• _Aim of the task_
For the records below, tally the lines that include the word "links" and give only the tally.

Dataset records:
____

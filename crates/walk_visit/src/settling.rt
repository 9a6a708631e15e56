// What an answer settles, marked, by the values and the grid of a position alone.
ghost use Rattle.std.specs.Prelude.{◌≡◌, length, take};
ghost use Rattle.walk_visit.specs.Answered.{Partable, Reaches, settled_by, sides_by};

use crate::sides::{put_last_sides, put_own_sides};
use marking::grid::Grid;
use marking::mark::{Side, mark_box};
use network::capacities::CEILINGS_HELD;
use network::{Costs, Refusal, Shape};

// The sides of the box that the answer at some places settles.
fn sides_by(
    shape: Shape,
    values: &[i16],
    grid: Grid,
    places: &[usize],
    answer: Result<Costs, Refusal>,
) -> [Side; CEILINGS_HELD]
    requires { Partable shape values.now grid places.now }
    ensures { take shape.p result ≡ sides_by shape values.now grid places.now answer }
{
    let p = shape.p as usize;
    let mut sides = grid.sides;
    match answer {
        Ok(costs) => {
            let y = costs.y;
            put_own_sides(values, shape.m, places, &y[..p], &mut sides[..p]);
        }
        Err(_) => put_last_sides(places, &mut sides[..p]),
    }
    sides
}

// Marks the positions that the answer at position n settles.
pub fn settle(
    marks: &mut [bool],
    n: usize,
    shape: Shape,
    values: &[i16],
    grid: Grid,
    places: &[usize],
    answer: Result<Costs, Refusal>,
)
    requires { Reaches shape values.now grid places.now n answer (length marks.old) }
    ensures { marks.new ≡ settled_by shape values.now grid places.now n answer marks.old }
{
    let sides = sides_by(shape, values, grid, places, answer);
    mark_box(marks, n, &sides[..shape.p as usize]);
}
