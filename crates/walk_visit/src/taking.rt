// The plan of an answer taken into the frontier.
ghost use Rattle.walk_visit.specs.Answered.{Taken, Takes};

use network::{Costs, Refusal};
use planlist_frontier::insertion::insert_plan;

// Takes the plan of an answer, if it is one, into the frontier; returns the new number of plans.
pub fn take_in(
    out: &mut [u8],
    count: usize,
    slots: usize,
    answer: Result<Costs, Refusal>,
    links: &[u8],
) -> usize
    requires { Takes slots answer links.now count out.old }
    ensures { Taken slots answer links.now count result out.old out.new }
{
    let Ok(costs) = answer else {
        return count;
    };
    insert_plan(out, count, slots, costs, links)
}
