// What the ranks of the ceilings have above 1, added up: the most links of a tree that may be above some bound.
#![tactic(auto)]

ghost use Rattle.std.specs.Prelude.{◌≡◌, ◌≤◌, length};
ghost use Rattle.kmax.specs.Ceilings.{slack_of};
ghost use Rattle.network.specs.Capacities.{ceilings_held};

// What all ranks have above 1; an absent ceiling's rank is 0.
pub fn slack_of(ks: &[u8]) -> usize
    requires { length ks.now ≤ ceilings_held }
    ensures { result ≡ slack_of ks.now }
{
    ks.iter().map(|k| usize::from(k.saturating_sub(1))).sum()
}
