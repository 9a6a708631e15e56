// A network with the grid of its positions: the places and values of a position.
ghost use Rattle.std.specs.Prelude.{◌≡◌, length};
ghost use Rattle.network.specs.Walk as spec;
ghost use Rattle.marking.specs.Gridded.{Gridded, network};
ghost use Rattle.walk_visit.specs.Found.{Within, bounds_at};
ghost use Rattle.walk_visit.specs.Position.{Locatable, places_at};

use marking::grid::{Grid, put_places};
use network::Net;

// A network, the different values of each ceiling at the front of its part of `values`, which holds m for each, and their grid.
#[derive(Clone, Copy)]
pub struct GriddedNet<'a> {
    pub net: Net<'a>,
    pub values: &'a [i16],
    pub grid: Grid,
    pub ghost gridded: { Gridded (spec.values (network net)) net.shape.m values.now grid },
}

// The values at some places, each in the ceiling's part of `values`, which holds m for each.
fn put_bounds(values: &[i16], m: usize, places: &[usize], bounds: &mut [i16])
    requires { Within m values.now places.now × (length bounds.old ≡ length places.now) }
    ensures { bounds.new ≡ bounds_at m values.now places.now }
{
    for (i, place) in places.iter().enumerate() {
        bounds[i] = values[i * m + *place];
    }
}

impl GriddedNet<'_> {
    // The places of position n, and the values there.
    pub fn put_position(self, n: usize, places: &mut [usize], bounds: &mut [i16])
        requires { Locatable self.net.shape self.values.now self.grid n × (length places.old ≡ self.net.shape.p)
            × (length bounds.old ≡ self.net.shape.p) }
        ensures { (places.new ≡ places_at self.entry.net.shape self.entry.grid n)
            × (bounds.new ≡ bounds_at self.entry.net.shape.m self.entry.values.now (places_at self.entry.net.shape self.entry.grid n)) }
    {
        let sides = self.grid.sides;
        put_places(n, &sides[..self.net.shape.p as usize], places);
        put_bounds(self.values, self.net.shape.m, places, bounds);
    }
}
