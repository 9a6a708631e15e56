// One position of the threshold walk: its places and bounds, what its answer settles, and its plan taken into the frontier.
#![tactic(auto)]

// A network with the grid of its positions.
pub mod gridded;

// The sides of the boxes that answers settle.
mod sides;

// What an answer settles, marked.
pub mod settling;

// The plan of an answer taken in.
pub mod taking;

____

• _Output_
5